+++ DATA IN THIS EXERCISE +++

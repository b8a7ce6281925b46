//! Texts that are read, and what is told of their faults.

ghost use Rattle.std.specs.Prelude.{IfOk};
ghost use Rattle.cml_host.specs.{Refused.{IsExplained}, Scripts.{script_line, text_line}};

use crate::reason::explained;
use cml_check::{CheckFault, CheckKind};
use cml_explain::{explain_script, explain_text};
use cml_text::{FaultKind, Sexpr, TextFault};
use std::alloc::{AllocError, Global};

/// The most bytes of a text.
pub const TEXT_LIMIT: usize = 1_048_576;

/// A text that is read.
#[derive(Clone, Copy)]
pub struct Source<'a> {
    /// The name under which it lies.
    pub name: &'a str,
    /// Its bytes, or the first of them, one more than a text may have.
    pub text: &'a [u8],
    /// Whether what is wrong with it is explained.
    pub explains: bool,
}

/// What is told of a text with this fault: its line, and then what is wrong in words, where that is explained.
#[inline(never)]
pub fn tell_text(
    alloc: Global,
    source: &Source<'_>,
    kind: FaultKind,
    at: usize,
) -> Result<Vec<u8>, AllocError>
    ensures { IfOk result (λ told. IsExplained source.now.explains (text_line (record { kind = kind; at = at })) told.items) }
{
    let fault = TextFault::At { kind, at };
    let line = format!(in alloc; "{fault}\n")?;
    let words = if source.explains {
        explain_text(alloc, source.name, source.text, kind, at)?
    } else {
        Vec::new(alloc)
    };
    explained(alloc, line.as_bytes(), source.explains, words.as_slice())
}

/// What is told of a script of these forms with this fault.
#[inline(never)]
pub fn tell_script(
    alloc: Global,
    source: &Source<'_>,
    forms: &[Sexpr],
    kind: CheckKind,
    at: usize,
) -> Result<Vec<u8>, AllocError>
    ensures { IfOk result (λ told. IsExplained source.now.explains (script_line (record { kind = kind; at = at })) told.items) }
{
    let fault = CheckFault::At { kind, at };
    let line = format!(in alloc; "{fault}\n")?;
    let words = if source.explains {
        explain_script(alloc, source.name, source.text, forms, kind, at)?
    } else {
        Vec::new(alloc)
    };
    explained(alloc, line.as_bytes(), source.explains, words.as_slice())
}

+++
+++ DATA IN THIS EXERCISE +++

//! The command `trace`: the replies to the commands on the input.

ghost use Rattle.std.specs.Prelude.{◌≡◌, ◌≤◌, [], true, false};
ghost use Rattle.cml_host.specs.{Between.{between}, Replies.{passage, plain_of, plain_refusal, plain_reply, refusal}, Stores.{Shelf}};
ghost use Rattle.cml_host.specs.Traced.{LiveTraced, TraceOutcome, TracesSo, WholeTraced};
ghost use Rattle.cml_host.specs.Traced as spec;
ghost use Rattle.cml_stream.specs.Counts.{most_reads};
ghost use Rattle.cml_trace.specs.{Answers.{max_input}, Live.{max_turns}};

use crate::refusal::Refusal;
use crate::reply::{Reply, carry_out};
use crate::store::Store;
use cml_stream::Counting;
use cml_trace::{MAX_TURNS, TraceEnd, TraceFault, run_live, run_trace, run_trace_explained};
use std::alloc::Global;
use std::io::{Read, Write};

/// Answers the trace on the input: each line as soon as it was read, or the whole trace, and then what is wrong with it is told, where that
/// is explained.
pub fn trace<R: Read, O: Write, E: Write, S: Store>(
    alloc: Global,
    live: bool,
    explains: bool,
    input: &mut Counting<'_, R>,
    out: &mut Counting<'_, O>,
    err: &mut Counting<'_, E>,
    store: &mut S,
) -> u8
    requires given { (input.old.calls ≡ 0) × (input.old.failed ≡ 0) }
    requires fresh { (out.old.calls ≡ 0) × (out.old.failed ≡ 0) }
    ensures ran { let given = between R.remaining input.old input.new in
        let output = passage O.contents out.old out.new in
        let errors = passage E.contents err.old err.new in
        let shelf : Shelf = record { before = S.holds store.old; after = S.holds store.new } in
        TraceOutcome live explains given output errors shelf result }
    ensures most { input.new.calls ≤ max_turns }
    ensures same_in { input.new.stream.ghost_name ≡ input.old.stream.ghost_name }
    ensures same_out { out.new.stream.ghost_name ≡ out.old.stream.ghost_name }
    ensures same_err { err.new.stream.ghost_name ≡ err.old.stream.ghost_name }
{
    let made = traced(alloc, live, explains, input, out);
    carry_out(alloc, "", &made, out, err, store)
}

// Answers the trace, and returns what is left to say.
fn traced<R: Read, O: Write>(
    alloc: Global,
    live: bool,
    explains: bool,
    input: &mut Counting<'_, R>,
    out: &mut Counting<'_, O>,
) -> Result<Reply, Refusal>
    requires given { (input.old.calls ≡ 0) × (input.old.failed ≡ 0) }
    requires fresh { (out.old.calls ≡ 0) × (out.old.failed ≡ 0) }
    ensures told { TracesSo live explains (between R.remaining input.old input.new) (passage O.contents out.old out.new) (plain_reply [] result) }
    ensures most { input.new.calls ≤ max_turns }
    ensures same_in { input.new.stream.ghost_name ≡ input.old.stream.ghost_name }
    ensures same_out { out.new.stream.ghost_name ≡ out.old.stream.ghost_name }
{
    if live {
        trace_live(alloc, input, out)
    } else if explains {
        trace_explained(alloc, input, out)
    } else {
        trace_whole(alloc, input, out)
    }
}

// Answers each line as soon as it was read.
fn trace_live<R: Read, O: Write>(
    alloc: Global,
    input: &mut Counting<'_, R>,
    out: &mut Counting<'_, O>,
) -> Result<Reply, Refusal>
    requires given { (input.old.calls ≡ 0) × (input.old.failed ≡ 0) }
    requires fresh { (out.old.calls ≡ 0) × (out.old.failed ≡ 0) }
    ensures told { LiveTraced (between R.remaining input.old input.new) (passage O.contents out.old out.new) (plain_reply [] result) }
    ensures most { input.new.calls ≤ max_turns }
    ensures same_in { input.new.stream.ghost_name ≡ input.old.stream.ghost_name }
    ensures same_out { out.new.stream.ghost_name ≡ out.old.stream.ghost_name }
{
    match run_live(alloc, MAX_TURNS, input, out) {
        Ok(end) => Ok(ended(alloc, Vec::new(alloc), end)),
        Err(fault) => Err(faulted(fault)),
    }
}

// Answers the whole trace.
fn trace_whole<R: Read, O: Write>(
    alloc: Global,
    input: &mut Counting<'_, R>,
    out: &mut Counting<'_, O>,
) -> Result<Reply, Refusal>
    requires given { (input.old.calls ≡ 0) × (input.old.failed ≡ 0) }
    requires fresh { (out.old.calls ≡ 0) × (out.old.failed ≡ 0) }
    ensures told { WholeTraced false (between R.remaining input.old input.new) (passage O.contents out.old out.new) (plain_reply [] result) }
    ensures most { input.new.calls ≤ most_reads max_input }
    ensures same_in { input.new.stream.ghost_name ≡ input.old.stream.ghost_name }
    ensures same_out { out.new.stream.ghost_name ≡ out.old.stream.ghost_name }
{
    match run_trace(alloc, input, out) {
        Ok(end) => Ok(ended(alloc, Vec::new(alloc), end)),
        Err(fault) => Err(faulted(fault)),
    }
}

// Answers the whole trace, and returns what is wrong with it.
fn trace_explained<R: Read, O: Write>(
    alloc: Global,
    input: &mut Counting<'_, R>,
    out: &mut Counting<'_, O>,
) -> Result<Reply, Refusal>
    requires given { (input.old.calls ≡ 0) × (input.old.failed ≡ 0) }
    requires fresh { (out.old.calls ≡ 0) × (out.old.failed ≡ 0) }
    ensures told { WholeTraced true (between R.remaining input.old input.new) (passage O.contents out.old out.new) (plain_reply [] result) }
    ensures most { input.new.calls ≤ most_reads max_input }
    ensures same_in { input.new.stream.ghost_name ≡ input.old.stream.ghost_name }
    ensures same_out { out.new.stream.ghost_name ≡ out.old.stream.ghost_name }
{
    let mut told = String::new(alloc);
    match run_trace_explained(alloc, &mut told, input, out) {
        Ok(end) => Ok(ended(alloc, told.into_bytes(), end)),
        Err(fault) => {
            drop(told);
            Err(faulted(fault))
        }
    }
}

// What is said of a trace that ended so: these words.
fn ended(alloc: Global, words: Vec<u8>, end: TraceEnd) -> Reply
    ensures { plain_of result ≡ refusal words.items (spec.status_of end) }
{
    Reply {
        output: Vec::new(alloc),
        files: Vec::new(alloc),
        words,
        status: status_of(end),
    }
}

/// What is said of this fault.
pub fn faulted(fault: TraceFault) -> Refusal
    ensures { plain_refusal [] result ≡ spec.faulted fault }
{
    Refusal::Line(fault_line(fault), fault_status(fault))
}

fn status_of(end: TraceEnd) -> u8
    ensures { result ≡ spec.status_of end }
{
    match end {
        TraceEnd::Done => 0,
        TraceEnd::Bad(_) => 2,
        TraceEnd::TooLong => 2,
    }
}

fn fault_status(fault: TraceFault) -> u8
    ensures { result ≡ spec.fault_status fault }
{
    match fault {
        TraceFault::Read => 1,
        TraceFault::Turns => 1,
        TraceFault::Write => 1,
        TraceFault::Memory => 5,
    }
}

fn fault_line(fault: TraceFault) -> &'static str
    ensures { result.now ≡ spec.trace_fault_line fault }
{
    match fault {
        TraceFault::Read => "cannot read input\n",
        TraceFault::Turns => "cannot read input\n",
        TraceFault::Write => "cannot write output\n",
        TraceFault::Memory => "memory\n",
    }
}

+++
+++ DATA IN THIS EXERCISE +++

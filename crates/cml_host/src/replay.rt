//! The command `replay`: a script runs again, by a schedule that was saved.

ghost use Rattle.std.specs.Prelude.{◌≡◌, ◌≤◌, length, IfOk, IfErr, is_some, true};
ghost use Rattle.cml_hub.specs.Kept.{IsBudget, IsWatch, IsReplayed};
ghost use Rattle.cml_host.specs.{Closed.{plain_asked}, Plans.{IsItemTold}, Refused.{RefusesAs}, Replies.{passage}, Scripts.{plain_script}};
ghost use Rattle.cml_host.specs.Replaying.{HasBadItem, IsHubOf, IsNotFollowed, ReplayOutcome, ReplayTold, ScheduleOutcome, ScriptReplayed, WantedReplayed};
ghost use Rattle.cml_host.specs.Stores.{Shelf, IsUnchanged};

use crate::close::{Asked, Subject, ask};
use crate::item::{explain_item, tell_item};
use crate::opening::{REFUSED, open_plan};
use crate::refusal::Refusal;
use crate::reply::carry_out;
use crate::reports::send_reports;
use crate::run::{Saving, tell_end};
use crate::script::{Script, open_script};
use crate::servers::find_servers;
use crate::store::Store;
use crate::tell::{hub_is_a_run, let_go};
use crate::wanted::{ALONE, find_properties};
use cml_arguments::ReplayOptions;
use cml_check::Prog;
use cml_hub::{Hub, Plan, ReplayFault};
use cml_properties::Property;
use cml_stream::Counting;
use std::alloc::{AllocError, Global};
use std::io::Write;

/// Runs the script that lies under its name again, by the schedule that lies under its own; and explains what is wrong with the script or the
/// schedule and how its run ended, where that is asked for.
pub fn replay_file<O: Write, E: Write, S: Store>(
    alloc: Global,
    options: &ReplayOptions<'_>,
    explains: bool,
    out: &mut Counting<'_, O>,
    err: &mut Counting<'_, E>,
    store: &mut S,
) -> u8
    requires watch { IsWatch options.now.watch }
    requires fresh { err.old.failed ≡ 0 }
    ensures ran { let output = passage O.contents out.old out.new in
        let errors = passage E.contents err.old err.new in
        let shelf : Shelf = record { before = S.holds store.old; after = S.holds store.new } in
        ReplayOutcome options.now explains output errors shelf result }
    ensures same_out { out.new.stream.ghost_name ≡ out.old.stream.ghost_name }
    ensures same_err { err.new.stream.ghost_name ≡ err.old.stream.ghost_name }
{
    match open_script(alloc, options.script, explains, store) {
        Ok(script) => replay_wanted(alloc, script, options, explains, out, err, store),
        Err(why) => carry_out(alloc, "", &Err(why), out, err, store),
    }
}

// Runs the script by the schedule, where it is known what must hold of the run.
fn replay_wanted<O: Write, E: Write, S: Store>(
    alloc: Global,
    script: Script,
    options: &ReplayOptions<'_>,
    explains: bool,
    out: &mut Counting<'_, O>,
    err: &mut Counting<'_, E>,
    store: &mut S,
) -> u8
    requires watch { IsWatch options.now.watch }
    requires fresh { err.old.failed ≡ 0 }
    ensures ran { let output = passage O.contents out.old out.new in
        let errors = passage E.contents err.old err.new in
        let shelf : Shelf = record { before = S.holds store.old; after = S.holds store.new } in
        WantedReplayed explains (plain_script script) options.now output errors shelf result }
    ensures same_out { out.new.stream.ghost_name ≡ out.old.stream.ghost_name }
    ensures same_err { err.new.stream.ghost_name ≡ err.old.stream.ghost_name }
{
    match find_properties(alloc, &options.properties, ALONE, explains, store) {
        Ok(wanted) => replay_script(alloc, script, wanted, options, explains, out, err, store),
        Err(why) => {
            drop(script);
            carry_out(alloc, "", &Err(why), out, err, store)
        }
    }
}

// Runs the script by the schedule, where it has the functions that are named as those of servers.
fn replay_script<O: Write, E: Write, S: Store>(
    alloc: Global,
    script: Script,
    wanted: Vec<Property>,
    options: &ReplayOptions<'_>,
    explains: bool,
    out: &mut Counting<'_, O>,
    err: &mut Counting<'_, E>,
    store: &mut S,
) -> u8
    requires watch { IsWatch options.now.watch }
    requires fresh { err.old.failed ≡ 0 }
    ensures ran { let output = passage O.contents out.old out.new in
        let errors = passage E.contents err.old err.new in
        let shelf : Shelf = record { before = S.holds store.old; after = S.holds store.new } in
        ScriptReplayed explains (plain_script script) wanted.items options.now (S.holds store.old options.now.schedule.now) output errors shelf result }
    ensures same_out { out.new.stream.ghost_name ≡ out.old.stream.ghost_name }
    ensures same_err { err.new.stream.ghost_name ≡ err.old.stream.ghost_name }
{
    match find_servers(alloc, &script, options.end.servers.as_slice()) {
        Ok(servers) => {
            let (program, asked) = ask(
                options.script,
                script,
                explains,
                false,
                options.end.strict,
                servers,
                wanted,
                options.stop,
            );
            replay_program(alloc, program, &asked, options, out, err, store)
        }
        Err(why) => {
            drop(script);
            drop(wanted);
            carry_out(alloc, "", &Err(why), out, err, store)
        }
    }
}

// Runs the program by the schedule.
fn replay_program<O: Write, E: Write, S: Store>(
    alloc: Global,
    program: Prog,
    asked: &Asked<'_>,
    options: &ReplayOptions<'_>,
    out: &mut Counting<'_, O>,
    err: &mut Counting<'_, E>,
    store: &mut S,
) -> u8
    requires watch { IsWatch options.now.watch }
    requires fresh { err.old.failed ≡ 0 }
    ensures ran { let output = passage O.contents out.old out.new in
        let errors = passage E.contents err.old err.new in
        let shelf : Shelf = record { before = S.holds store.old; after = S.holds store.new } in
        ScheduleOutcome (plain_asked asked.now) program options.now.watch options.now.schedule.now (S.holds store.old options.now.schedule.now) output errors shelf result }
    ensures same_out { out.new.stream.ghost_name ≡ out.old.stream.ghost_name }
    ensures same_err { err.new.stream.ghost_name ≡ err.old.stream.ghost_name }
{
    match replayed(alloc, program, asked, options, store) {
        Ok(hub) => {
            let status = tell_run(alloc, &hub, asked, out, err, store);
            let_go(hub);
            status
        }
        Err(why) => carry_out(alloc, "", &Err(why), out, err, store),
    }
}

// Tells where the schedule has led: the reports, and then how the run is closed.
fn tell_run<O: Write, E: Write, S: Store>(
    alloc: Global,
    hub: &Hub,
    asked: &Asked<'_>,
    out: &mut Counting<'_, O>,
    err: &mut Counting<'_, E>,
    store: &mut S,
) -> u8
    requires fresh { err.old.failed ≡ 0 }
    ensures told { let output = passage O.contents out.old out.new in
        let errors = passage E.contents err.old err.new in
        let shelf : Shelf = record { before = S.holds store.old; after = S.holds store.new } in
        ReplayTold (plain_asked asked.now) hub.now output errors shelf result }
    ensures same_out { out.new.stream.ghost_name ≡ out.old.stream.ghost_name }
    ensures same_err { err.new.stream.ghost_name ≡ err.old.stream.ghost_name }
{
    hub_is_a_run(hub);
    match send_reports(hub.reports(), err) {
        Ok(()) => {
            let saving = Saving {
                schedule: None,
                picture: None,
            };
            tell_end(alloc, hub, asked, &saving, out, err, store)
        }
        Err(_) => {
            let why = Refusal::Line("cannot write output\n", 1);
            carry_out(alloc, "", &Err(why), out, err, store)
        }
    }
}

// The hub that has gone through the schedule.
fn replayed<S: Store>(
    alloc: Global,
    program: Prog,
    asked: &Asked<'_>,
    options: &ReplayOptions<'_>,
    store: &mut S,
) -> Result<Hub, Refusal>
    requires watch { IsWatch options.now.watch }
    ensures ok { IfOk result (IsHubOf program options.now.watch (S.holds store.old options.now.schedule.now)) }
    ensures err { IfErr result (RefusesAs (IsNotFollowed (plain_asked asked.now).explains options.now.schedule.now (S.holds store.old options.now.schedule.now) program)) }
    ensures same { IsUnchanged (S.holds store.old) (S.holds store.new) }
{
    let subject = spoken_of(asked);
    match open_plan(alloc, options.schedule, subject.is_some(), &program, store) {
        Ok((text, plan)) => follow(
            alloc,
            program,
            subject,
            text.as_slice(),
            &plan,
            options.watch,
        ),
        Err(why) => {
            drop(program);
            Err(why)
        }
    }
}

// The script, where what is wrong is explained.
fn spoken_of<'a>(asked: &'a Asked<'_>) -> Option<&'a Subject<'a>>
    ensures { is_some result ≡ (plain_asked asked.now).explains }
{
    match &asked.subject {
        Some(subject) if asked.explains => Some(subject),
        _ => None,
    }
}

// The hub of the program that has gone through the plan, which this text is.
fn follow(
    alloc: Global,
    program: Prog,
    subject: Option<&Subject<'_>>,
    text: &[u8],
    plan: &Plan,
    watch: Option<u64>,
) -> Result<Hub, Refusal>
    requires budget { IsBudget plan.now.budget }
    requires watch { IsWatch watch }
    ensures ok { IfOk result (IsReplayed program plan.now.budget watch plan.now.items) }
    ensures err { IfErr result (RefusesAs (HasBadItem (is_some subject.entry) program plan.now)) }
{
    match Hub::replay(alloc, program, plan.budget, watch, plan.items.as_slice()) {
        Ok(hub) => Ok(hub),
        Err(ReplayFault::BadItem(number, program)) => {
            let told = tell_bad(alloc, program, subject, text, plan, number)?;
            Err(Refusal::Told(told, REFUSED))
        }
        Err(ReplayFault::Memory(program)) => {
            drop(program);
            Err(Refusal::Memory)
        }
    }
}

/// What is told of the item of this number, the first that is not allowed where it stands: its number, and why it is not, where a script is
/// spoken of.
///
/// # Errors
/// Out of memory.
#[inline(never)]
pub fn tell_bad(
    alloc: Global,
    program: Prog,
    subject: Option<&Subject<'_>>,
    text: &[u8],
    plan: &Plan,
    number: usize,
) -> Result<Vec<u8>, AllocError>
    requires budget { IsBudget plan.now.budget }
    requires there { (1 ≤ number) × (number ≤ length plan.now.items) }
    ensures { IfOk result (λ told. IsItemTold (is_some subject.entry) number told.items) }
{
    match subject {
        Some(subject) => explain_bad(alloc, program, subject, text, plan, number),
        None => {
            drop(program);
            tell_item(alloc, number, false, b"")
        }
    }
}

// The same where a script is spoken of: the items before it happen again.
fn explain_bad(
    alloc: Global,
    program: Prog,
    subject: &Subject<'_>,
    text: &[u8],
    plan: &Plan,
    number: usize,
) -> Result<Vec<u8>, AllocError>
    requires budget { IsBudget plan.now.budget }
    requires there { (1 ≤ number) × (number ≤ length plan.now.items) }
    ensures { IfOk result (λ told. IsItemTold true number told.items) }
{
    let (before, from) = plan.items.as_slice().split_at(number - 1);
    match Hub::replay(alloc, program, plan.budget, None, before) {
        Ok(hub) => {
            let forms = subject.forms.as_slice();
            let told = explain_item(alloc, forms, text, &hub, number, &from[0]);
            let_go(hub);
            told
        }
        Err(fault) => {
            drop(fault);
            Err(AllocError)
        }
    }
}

+++

WORK ORDER: Filter the records for the word "Prelude" and show every line that has it.

RESULT OF THIS TASK:
ghost use Rattle.std.specs.Prelude.{IfOk};
ghost use Rattle.std.specs.Prelude.{◌≡◌, ◌≤◌, [], true, false};
ghost use Rattle.std.specs.Prelude.{◌≡◌, ◌≤◌, length, IfOk, IfErr, is_some, true};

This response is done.